**EXTRACTED ENTRIES**
..............................
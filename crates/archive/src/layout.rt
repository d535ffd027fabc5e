// The layout of an archive file: the first byte, the directory, and the five sections that it names.
ghost use Rattle.std.specs.Prelude.{◌≡◌, List, ℕ, ◌+◌, ◌≤◌, true, false, length, MatchOption, MatchResult};
ghost use Rattle.archive.specs.Bytes.{number_in};
ghost use Rattle.archive.specs.Layout.{Answer, section_count, section_number, offset_size, pair_at, first_offset, offset_in, length_in, in_order, lengths_fit, layout, layout_of, section_in, handed_out, parts_size, parts_told};

use super::bytes::{NUMBER_SIZE, number_of};
use config::limits::{LOG_SIZE, RECORD_SIZE, SNAPSHOT_SIZE};
use config::refusal::Refusal;
use metrics::totals::TOTAL_COUNT;

pub const MARKER: u8 = 5;

// A pair of the directory: offset and length, of so many bytes each.
pub const OFFSET_SIZE: usize = 4;

const PAIR_SIZE: usize = 2 * OFFSET_SIZE;

pub const SECTION_COUNT: usize = 5;

pub const FIRST_OFFSET: usize = 1 + PAIR_SIZE * SECTION_COUNT;

// How many input fields a file has.
pub const INPUT_COUNT: usize = 10;

// The bytes of the input fields, of the totals, of a record and of a snapshot.
pub const INPUTS_SIZE: usize = NUMBER_SIZE * INPUT_COUNT;

pub const TOTALS_SIZE: usize = NUMBER_SIZE * TOTAL_COUNT;

pub const RECORD_BYTES: usize = NUMBER_SIZE * RECORD_SIZE;

pub const SNAPSHOT_BYTES: usize = NUMBER_SIZE * SNAPSHOT_SIZE;

// The sections, in the file's order.
#[derive(Clone, Copy, PartialEq, Eq, Debug)]
pub enum Section {
    Inputs,
    Totals,
    Records,
    Snapshots,
    Logs,
}

impl Section {
    // All of them, each at its number.
    const ALL: [Section; SECTION_COUNT] = [
        Section::Inputs,
        Section::Totals,
        Section::Records,
        Section::Snapshots,
        Section::Logs,
    ];

    // Where the directory has its pair.
    pub fn pair_at(self) -> usize
        ensures { result ≡ pair_at (section_number self) }
    {
        1 + PAIR_SIZE * (self as usize)
    }

    // The section with a number, if one has it.
    fn at(i: usize) -> Option<Section>
        ensures { MatchOption result (section_count ≤ i) (λ s. section_number s ≡ i) }
    {
        Section::ALL.get(i).copied()
    }
}

// What the directory says at a place.
fn told_at(file: &[u8], at: usize) -> usize
    requires { at + offset_size ≤ length file.now }
    ensures { result ≡ number_in offset_size at file.now }
{
    number_of(&file[at..at + OFFSET_SIZE]) as usize
}

// Where a section begins, by its pair. Down to `lengths_fit` a file need not keep the layout, so it is no `Filed`, and a type
// for one that has a directory would serve `keeps_layout` alone.
pub fn offset_in(file: &[u8], section: Section) -> usize
    requires { first_offset ≤ length file.now }
    ensures { result ≡ offset_in file.now (section_number section) }
{
    told_at(file, section.pair_at())
}

// How many bytes a section has, by its pair.
pub fn length_in(file: &[u8], section: Section) -> usize
    requires { first_offset ≤ length file.now }
    ensures { result ≡ length_in file.now (section_number section) }
{
    told_at(file, section.pair_at() + OFFSET_SIZE)
}

// Whether each section starts where the one before ends, from behind the directory to the file's end.
fn in_order(file: &[u8]) -> bool
    requires { first_offset ≤ length file.now }
    ensures { result ≡ in_order file.now }
{
    let mut end = FIRST_OFFSET;
    for &section in &Section::ALL {
        if offset_in(file, section) != end {
            return false;
        }
        end += length_in(file, section);
    }
    end == file.len()
}

// Whether the sections have the lengths that belong to them.
#[tactic(auto, unfolding(crate::specs::Layout::lengths_fit))]
fn lengths_fit(file: &[u8]) -> bool
    requires { first_offset ≤ length file.now }
    ensures { result ≡ lengths_fit file.now }
{
    length_in(file, Section::Inputs) == INPUTS_SIZE
        && length_in(file, Section::Totals) == TOTALS_SIZE
        && length_in(file, Section::Records) % RECORD_BYTES == 0
        && length_in(file, Section::Snapshots) % SNAPSHOT_BYTES == 0
        && length_in(file, Section::Logs) == LOG_SIZE
}

#[tactic(auto, unfolding(crate::specs::Layout::layout))]
fn keeps_layout(file: &[u8]) -> bool
    ensures { result ≡ layout file.now }
{
    FIRST_OFFSET <= file.len() && file[0] == MARKER && in_order(file) && lengths_fit(file)
}

// A file that keeps the layout.
#[derive(Clone, Copy)]
pub struct Filed<'a> {
    pub bytes: &'a [u8],
    pub ghost kept: { layout bytes.now ≡ true },
}

impl<'a> Filed<'a> {
    // Asks a file for the layout.
    pub fn of(file: &'a [u8]) -> Result<Filed<'a>, Refusal>
        ensures { MatchResult result (λ f. f.bytes ≡ file.entry)
            (λ r. (layout file.now ≡ false) × (r ≡ Refusal.BrokenLayout)) }
    {
        if keeps_layout(file) {
            Ok(Filed { bytes: file })
        } else {
            Err(Refusal::BrokenLayout)
        }
    }

    // Where a section begins.
    pub fn offset_of(self, section: Section) -> usize
        ensures { result ≡ offset_in self.entry.bytes.now (section_number section) }
    {
        offset_in(self.bytes, section)
    }

    // How many bytes a section has.
    pub fn length_of(self, section: Section) -> usize
        ensures { result ≡ length_in self.entry.bytes.now (section_number section) }
    {
        length_in(self.bytes, section)
    }

    // The part of the file that a section is.
    pub fn part(self, section: Section) -> &'a [u8]
        ensures { result.now ≡ section_in self.entry.bytes.now (section_number section) }
    {
        let start = self.offset_of(section);
        let end = start + self.length_of(section);
        &self.bytes[start..end]
    }
}

pub fn layout_of(file: &[u8]) -> Result<(), Refusal>
    ensures { result ≡ layout_of file.now }
{
    Filed::of(file)?;
    Ok(())
}

// The part of the file that section i is. Nothing behind the last section, nor of a file that breaks the layout. By its number,
// as a reader goes on behind the last; a `Section` would ask more of callers.
pub fn section_of(file: &[u8], i: usize) -> &[u8]
    ensures { result.now ≡ handed_out file.now i }
{
    let Some(section) = Section::at(i) else {
        return &file[..0];
    };
    match Filed::of(file) {
        Ok(filed) => filed.part(section),
        Err(_) => &file[..0],
    }
}

// Offset and length of each section, into the first ten places of `parts`. A refusal leaves them as they were.
pub fn put_parts(file: &[u8], parts: &mut [u64]) -> Result<(), Refusal>
    requires { parts_size ≤ length parts.old }
    ensures { ◌≡◌ {A = Answer × List ℕ} (result, parts.new) (parts_told file.now parts.old) }
{
    let filed = Filed::of(file)?;
    // By index, as section i has the places 2i and 2i + 1.
    for (i, &section) in Section::ALL.iter().enumerate() {
        parts[2 * i] = filed.offset_of(section) as u64;
        parts[2 * i + 1] = filed.length_of(section) as u64;
    }
    Ok(())
}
..............................
**ASSIGNMENT**
Write out exactly the lines of the entries above that run from the line containing "result.now ≡ handed_out" through the last line, including both.

**ANSWER SPACE**
    ensures { result.now ≡ handed_out file.now i }
{
    let Some(section) = Section::at(i) else {
        return &file[..0];
    };
    match Filed::of(file) {
        Ok(filed) => filed.part(section),
        Err(_) => &file[..0],
    }
}

// Offset and length of each section, into the first ten places of `parts`. A refusal leaves them as they were.
pub fn put_parts(file: &[u8], parts: &mut [u64]) -> Result<(), Refusal>
    requires { parts_size ≤ length parts.old }
    ensures { ◌≡◌ {A = Answer × List ℕ} (result, parts.new) (parts_told file.now parts.old) }
{
    let filed = Filed::of(file)?;
    // By index, as section i has the places 2i and 2i + 1.
    for (i, &section) in Section::ALL.iter().enumerate() {
        parts[2 * i] = filed.offset_of(section) as u64;
        parts[2 * i + 1] = filed.length_of(section) as u64;
    }
    Ok(())
}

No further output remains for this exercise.